Key Experimental Results¶
Main Results (StarV2 benchmark, Agent Act accuracy)¶
| Method | Bank | Trip | Trivia |
|---|---|---|---|
| AnyTOD-PROG+SGD (Fine-tuned T5-XXL) | 65.0 | 62.9 | 86.3 |
| GPT-4 Turbo (function calling) | 55.1 | ~50 | ~80 |
| Genie (GPT-4 Turbo) | 82.5 | 83.4 | 92.7 |
| Genie (GPT-4o-mini) | 82.1 | 76.3 | 84.8 |
User Study (62 participants, 3 real-world tasks)¶
| Method | Goal Completion Rate |
|---|---|
| GPT-4 Turbo + function calling | 21.8% |
| Genie (GPT-4 Turbo) | 82.8% |
Key Findings¶
- Genie allows a weaker model (GPT-4o-mini) to approach the performance of a stronger model (GPT-4 Turbo), and even outperform GPT-4 Turbo without Genie.
- The function calling method degrades severely in multi-turn dialogues—failing to maintain dialogue state, often asking repetitive questions, or forgetting information.

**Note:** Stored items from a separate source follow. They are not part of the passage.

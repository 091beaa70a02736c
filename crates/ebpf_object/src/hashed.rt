//! Passes that take std's hashed collections. The order of these is unspecified, so what they hold
//! is sorted first.

ghost use Rattle.std.specs.Prelude.{◌≡◌, ◌≢◌, None, map, IfErr, IfOk, OnErr, OnOk};
ghost use Rattle.std.specs.Iterator.{IsFinite};
ghost use Rattle.std.specs.Option.{option_map};
ghost use Rattle.std.specs.String.{string_bytes};
ghost use Rattle.ebpf_items.specs.declared.error.ParseError.TheVariants as ParseError;
ghost use Rattle.ebpf_object.specs.Hashed.{HandsOver, by_name, in_order, numbered};
ghost use Rattle.global_data.specs.GlobalData.{Says, first_fault, patched};
ghost use Rattle.global_data.specs.Kept.{KeepBytes};
ghost use Rattle.linker.specs.Linked.{AllCanBeLinked, AreLinked, HasFaultOf, program_keys, unlinked};
ghost use Rattle.relocation_errors.specs.declared.error.RelocationError.TheVariants as RelocationError;
ghost use Rattle.slot_relocation.specs.Maps.{given, map_rule};
ghost use Rattle.slot_relocation.specs.Writes.{AreRelocated, CanBeRelocated, HasErrorIn};

use crate::object::Object;
use ebpf_items::{Map, ParseError};
use relocation_errors::EbpfRelocationError;
use settings::GlobalValues;
use slot_relocation::NumberedMap;
use std::alloc::{AllocError, Global};
use std::collections::{BTreeSet, HashMap, HashSet};

/// The numbers of a set, in order.
fn in_order(alloc: Global, numbers: &HashSet<usize>) -> Result<BTreeSet<usize>, AllocError>
    ensures { IfOk result (λ ordered. ordered.keys ≡ in_order numbers.now.keys) }
{
    let mut ordered = BTreeSet::new(alloc);
    for number in numbers.iter() {
        ordered.insert(*number)?;
    }
    Ok(ordered)
}

/// These values of global variables, by name.
fn by_name(alloc: Global, values: &HashMap<&str, (&[u8], bool)>) -> Result<GlobalValues, AllocError>
    ensures { IfOk result (λ ordered. ordered ≡ by_name values.now.entries) }
{
    let mut ordered = GlobalValues::new(alloc);
    for (name, value) in values.iter() {
        ordered.set(name, value.0, value.1)?;
    }
    Ok(ordered)
}

/// Maps with their numbers.
fn numbered<'m>(
    alloc: Global,
    maps: &[(&'m str, i32, &'m Map)],
) -> Result<Vec<NumberedMap<'m>>, AllocError>
    ensures { IfOk result (λ all. all.items ≡ map numbered maps.now) }
{
    let mut all = Vec::with_capacity(alloc, maps.len())?;
    for named in maps {
        let (name, number, map) = *named;
        all.push(NumberedMap { name, number, map })?;
    }
    Ok(all)
}

impl<'a> Object<'a> {
    /// Writes the values of global variables into the maps: [`Object::put_values`] with a map from
    /// names to values, each with whether the object must have the variable. The values are sorted
    /// by name.
    ///
    /// # Errors
    ///
    /// Those of [`Object::put_values`]; the object is as before then.
    pub fn patch_map_data(
        &mut self,
        globals: HashMap<&str, (&[u8], bool)>,
    ) -> Result<(), ParseError>
        ensures patched { OnOk result
            (self.new.maps ≡ patched self.old.file self.old.maps (by_name globals.entry.entries)) }
        ensures sound { OnOk result
            (first_fault self.old.file self.old.maps (by_name globals.entry.entries) ≡ None) }
        ensures kept { OnOk result
            (KeepBytes self.old.file (by_name globals.entry.entries) self.old.maps self.new.maps) }
        ensures others { self.new ≡ record self.old { maps = self.new.maps } }
        ensures fault { IfErr result (λ e.
            e ≢ ParseError.OutOfMemory
            → Says (first_fault self.old.file self.old.maps (by_name globals.entry.entries)) e) }
        ensures unchanged { OnErr result (self.new ≡ self.old) }
    {
        let values = by_name(self.alloc, &globals)?;
        self.put_values(&values)
    }

    /// Writes the numbers of maps into the slots of relocations by maps and variables:
    /// [`Object::write_map_numbers`] with an iterator over maps with names and numbers, in its
    /// order. `text_sections` are the indexes of the sections with functions.
    ///
    /// # Errors
    ///
    /// Those of [`Object::write_map_numbers`]; the object is as before then.
    pub fn relocate_maps<'m, I: Iterator<Item = (&'m str, i32, &'m Map)>>(
        &mut self,
        maps: I,
        text_sections: &HashSet<usize>,
    ) -> Result<(), EbpfRelocationError>
        requires can { I.can_next maps }
        requires ends { IsFinite (I.remaining maps) }
        ensures relocated { OnOk result
            (HandsOver I.next_gives maps (λ handed.
            AreRelocated (map_rule (given self.old.file (in_order text_sections.now.keys) handed))
            self.old.file self.old.functions self.new.functions
            × CanBeRelocated
            (map_rule (given self.old.file (in_order text_sections.now.keys) handed)) self.old.file
            self.old.functions)) }
        ensures others { self.new ≡ record self.old { functions = self.new.functions } }
        ensures fault { IfErr result (λ e.
            e.error ≢ RelocationError.OutOfMemory
            → HandsOver I.next_gives maps (λ handed.
            HasErrorIn (map_rule (given self.old.file (in_order text_sections.now.keys) handed))
            self.old.file self.old.functions (option_map string_bytes e.function) e.error)) }
        ensures unchanged { OnErr result (self.new ≡ self.old) }
    {
        let maps: Vec<(&str, i32, &Map)> = maps.collect(self.alloc)?;
        let numbered = numbered(self.alloc, &maps)?;
        let sections = in_order(self.alloc, text_sections)?;
        self.write_map_numbers(&numbered, &sections)
    }

    /// Links to each program the functions that it reaches, taken from the current functions:
    /// [`Object::link_programs`] with a set. `text_sections` are the indexes of the sections with
    /// functions.
    ///
    /// # Errors
    ///
    /// Those of [`Object::link_programs`]; the object is as before then.
    pub fn relocate_calls(
        &mut self,
        text_sections: &HashSet<usize>,
    ) -> Result<(), EbpfRelocationError>
        ensures linked { OnOk result
            (AreLinked (unlinked self.old.file (in_order text_sections.now.keys) self.old.functions)
            (program_keys self.old.programs) self.new.functions) }
        ensures sound { OnOk result
            (AllCanBeLinked
            (unlinked self.old.file (in_order text_sections.now.keys) self.old.functions)
            (program_keys self.old.programs)) }
        ensures others { self.new ≡ record self.old { functions = self.new.functions } }
        ensures fault { IfErr result (λ e.
            e.error ≢ RelocationError.OutOfMemory
            → HasFaultOf
            (unlinked self.old.file (in_order text_sections.now.keys) self.old.functions)
            self.old.programs (option_map string_bytes e.function) e.error) }
        ensures unchanged { OnErr result (self.new ≡ self.old) }
    {
        let sections = in_order(self.alloc, text_sections)?;
        self.link_programs(&sections)
    }
}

- Decoupling policy execution from the LLM is crucial—the LLM only needs to excel at parsing and generation, rather than understanding complex business logic.
- In real-user studies, the completion rate improved nearly fourfold.
Highlights & Insights¶
- The architectural concept of "LLM for NLU/NLG only, leaving policy to a deterministic system" is highly practical, suitable for enterprise-grade Agent deployment.
- Worksheet declarative specification is far more elegant than dialogue trees—developers define "what is needed" rather than "how to converse".
- The compositionality of tasks and knowledge queries (where a field type is another Worksheet) addresses common hybrid needs in real-world scenarios.
- Dialogue states are maintained using formal variables, passing only the most recent state to the LLM, which mitigates long-dialogue forgetting problems.
Limitations & Future Work¶
- Developers still need to write Worksheet specifications, which poses a barrier for non-technical users.
- Highly dependent on the quality of the LLM's semantic parsing—parsing errors can cascade and affect the entire system.
- Not applicable to open-domain, unstructured conversation scenarios (specifically designed for task-oriented dialogues).
- Currently, the expressiveness of the Worksheet language is limited; complex business logic might require extensions.
Related Work & Insights¶
- vs LLM Function Calling: Function calling cannot maintain dialogue state and fails to follow complex policies; Genie resolves this through an algorithmic Runtime.
- vs RASA/Dialogue Trees: Dialogue trees require enumerating all paths; Genie Worksheet only declares fields and actions.
- vs AnyTOD: AnyTOD requires large amounts of training data for fine-tuning; Genie is zero-shot and significantly outperforms it.
Rating¶
- Novelty: ⭐⭐⭐⭐ The architectural separation of declarative specification and algorithmic runtime is highly innovative.
- Experimental Thoroughness: ⭐⭐⭐⭐⭐ Comprehensive evaluation involving benchmarks, user studies with 3 real-world applications, comparisons across multiple LLMs, and detailed analyses.
- Writing Quality: ⭐⭐⭐⭐⭐ Clear architecture diagrams, rich examples, and complete system design.
- Value: ⭐⭐⭐⭐⭐ Exceptional practical engineering value, with the completion rate improving from \(22\%\) to \(83\%\) representing a substantial advancement.